CHICAGO — An intensive smoking cessation intervention that starts while patients are hospitalized for an acute cardiac event is not merely highly cost effective, it is actually cost saving, Robyn Kondrack, Pharm.D., reported at the annual meeting of the American College of Cardiology.
Indeed, the mean cost-effectiveness ratio of providing a 3-month intensive smoking cessation intervention (SCI) to hospitalized smokers in a 209-patient randomized controlled trial was $1,443 per year of life gained, according to Dr. Kondrack of Creighton University, Omaha, Neb.
The total direct cost of medical care during 5 years of prospective follow-up in the SCI arm of the study was $872,376, including nearly $250,000 for the smoking cessation program itself, compared with $1,025,000 in patients randomized to usual care. The major driver of the more than $150,000 in cost savings in the SCI group was their reduced hospital costs over the 5-year period.
Dr. Kondrack's cost analysis was a follow-up to last year's initial report on the Creighton University randomized trial, which showed a 2-year all-cause mortality of 2.8% in the intensive SCI group compared with 12.0% in the usual care controls, a 77% relative risk reduction.
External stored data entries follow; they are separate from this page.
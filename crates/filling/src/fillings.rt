// The calls, each with its checks and its machine.
ghost use Rattle.std.specs.Prelude.{◌≡◌, ◌<◌, ℕ, MatchResult, refl};
ghost use Rattle.automata.specs.Layers.{pair_layer};
ghost use Rattle.atoms.specs.Making.{asked};
ghost use Rattle.layers.specs.Product.{product_meaning};
ghost use Rattle.racks.specs.Racks.{slot_machine};
ghost use Rattle.racks.specs.Calls.{Lent, Call, call_atom, call_not, call_both, call_either, call_some, call_take};
ghost use Rattle.racks.specs.Promises.{lent_by};
ghost use Rattle.filling.specs.Fillings.{table_meaning, CallsPair};

use crate::builds::{build_atom, build_in};
use crate::filling::Filling;
use atoms::Atom;
use layers::{And, Connective, Exists, Not, Or, Product, same_shape};
use machine::Machine;
use machines::SlotTable;
use racks::{Rack, Working};
use store::{Place, Slots, ready, refused};
use trees::{Reason, Refusal};

impl Filling for Atom {
    ghost call = { λ a k l. call_atom k (asked a) l };

    fn build(
        &self,
        rack: Rack,
        store: &[u8],
        res: usize,
        working: &mut Working<'_>,
    ) -> Result<Place, Refusal> {
        let slots = ready(rack, store, res, &[])?;
        build_atom(slots.slot(res), *self, working)
    }
}

// The complement of a slot's table.
#[derive(Clone, Copy)]
pub(crate) struct Complement {
    pub(crate) source: usize,
}

impl Filling for Complement {
    ghost call = { λ c k l. call_not k c.source l };

    fn build(
        &self,
        rack: Rack,
        store: &[u8],
        res: usize,
        working: &mut Working<'_>,
    ) -> Result<Place, Refusal> {
        let slots = ready(rack, store, res, &[self.source])?;
        let machine = Not::new(slots.slot(self.source).machine());
        build_in(slots.slot(res), &machine, working)
    }
}

// A connective that a call is named for.
pub(crate) trait Joining: Connective + Copy {
    ghost call: { ℕ → ℕ → ℕ → Lent → Call };

    ghost makes: { CallsPair Self.op call };
}

impl Joining for And {
    ghost call = { call_both };

    ghost makes = { record { write = λ R store k x y l. refl; due = λ R store k x y l. refl } };
}

impl Joining for Or {
    ghost call = { call_either };

    ghost makes = { record { write = λ R store k x y l. refl; due = λ R store k x y l. refl } };
}

// Two slots' tables side by side.
#[derive(Clone, Copy)]
pub(crate) struct Pair<C> {
    pub(crate) connective: C,
    pub(crate) left: usize,
    pub(crate) right: usize,
}

impl<C: Joining> Pair<C> {
    // The shape of both is the rack's, and their codes are few, so the product is always made.
    fn machine<'a>(
        &self,
        slots: Slots<'a>,
    ) -> Result<Product<C, SlotTable<'a>, SlotTable<'a>>, Refusal>
        requires left { self.now.left < slots.rack.slots }
        requires right { self.now.right < slots.rack.slots }
        ensures { MatchResult result (λ n. product_meaning C.Connective.op table_meaning table_meaning n ≡ pair_layer C.Connective.op (slot_machine slots.entry.rack slots.entry.store.now self.now.left) (slot_machine slots.entry.rack slots.entry.store.now self.now.right)) (λ _. ⊥) }
    {
        let left = slots.slot(self.left).machine();
        let right = slots.slot(self.right).machine();
        Product::of(self.connective, left, right)
    }
}

impl<C: Joining> Filling for Pair<C> {
    ghost call = { λ p k l. C.Joining.call k p.left p.right l };

    fn build(
        &self,
        rack: Rack,
        store: &[u8],
        res: usize,
        working: &mut Working<'_>,
    ) -> Result<Place, Refusal> {
        let slots = ready(rack, store, res, &[self.left, self.right])?;
        let machine = self.machine(slots)?;
        build_in(slots.slot(res), &machine, working)
    }
}

// A slot's table, with some set of nodes put in a track.
#[derive(Clone, Copy)]
pub(crate) struct Projection {
    pub(crate) source: usize,
    pub(crate) track: usize,
}

impl Filling for Projection {
    ghost call = { λ p k l. call_some k p.source p.track l };

    fn build(
        &self,
        rack: Rack,
        store: &[u8],
        res: usize,
        working: &mut Working<'_>,
    ) -> Result<Place, Refusal> {
        let slots = ready(rack, store, res, &[self.source])?;
        let machine = Exists::new(slots.slot(self.source).machine(), self.track)?;
        build_in(slots.slot(res), &machine, working)
    }
}

// A machine of any make.
#[derive_where(Clone, Copy)]
pub(crate) struct Taken<'m, M> {
    pub(crate) machine: &'m M,
}

impl<M: Machine> Filling for Taken<'_, M> {
    ghost call = { λ t k l. call_take k (M.Machine.meaning t.machine.now) l };

    fn build(
        &self,
        rack: Rack,
        store: &[u8],
        res: usize,
        working: &mut Working<'_>,
    ) -> Result<Place, Refusal> {
        let slots = ready(rack, store, res, &[])?;
        if !same_shape(self.machine.shape(), rack.shape) {
            return Err(refused(Reason::ShapesDiffer));
        }
        build_in(slots.slot(res), self.machine, working)
    }
}
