// A run without a race is a run of the machine without buffers: a statement and laws, no code.
#![tactic(auto)]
Twenty-five patients in the SCI group were hospitalized during the first 2 years of follow-up, as were 41 controls, for a 44% relative risk reduction (Chest 2007;131:446-52).
The investigators said although the 16 prior randomized controlled trials of SCIs in hospitalized smokers published since 1985 had clearly established that such programs result in higher smoking abstinence rates than usual care, theirs was the first to demonstrate reduced morbidity and mortality in response to an SCI.
All participants in the Nebraska study were smokers hospitalized in a coronary care unit for an acute cardiac syndrome or acute decompensated heart failure. All received a 30-minute inpatient smoking cessation counseling session; the usual-care group also received printed educational materials before discharge.
The structured SCI consisted of a minimum of 12 weekly behavior modification sessions with a counselor who has expertise in nicotine addiction, along with individualized pharmacotherapy—bupropion (Wellbutrin) and/or nicotine replacement therapy—provided at no cost to the patient. Seventy-five percent of patients in the SCI utilized the adjuvant pharmacotherapy, as did just 17% in the usual care group.
The biochemically confirmed continuous smoking abstinence rate at 2 years was 33% in the SCI group, compared with 9% with usual care.
The number-needed-to-treat using the intensive SCI to prevent one additional death during 2 years was 11. The results suggest smoking cessation may be the most effective secondary prevention measure available to smokers with cardiovascular disease—more effective than statins, antiplatelet agents, or other drugs considered standard therapy.
In an ACP Journal Club commentary on the Creighton trial, Dr. Charles J. Bentz of Providence St. Vincent Medical Center, in Portland, Ore., called it a landmark study (ACP J Club 2007;147:3).
Only 14 states cover outpatient smoking cessation counseling for all Medicaid recipients, and only Oregon covers all forms of counseling and medication, he noted, adding that the study “should serve as a call to all payers, public and private, to reevaluate their coverage for intensive tobacco cessation interventions.”
Dr. Kondrack noted that roughly three-quarters of the cost of the intensive SCI program was for personnel, with another 18% going for office and pharmaceutical supplies.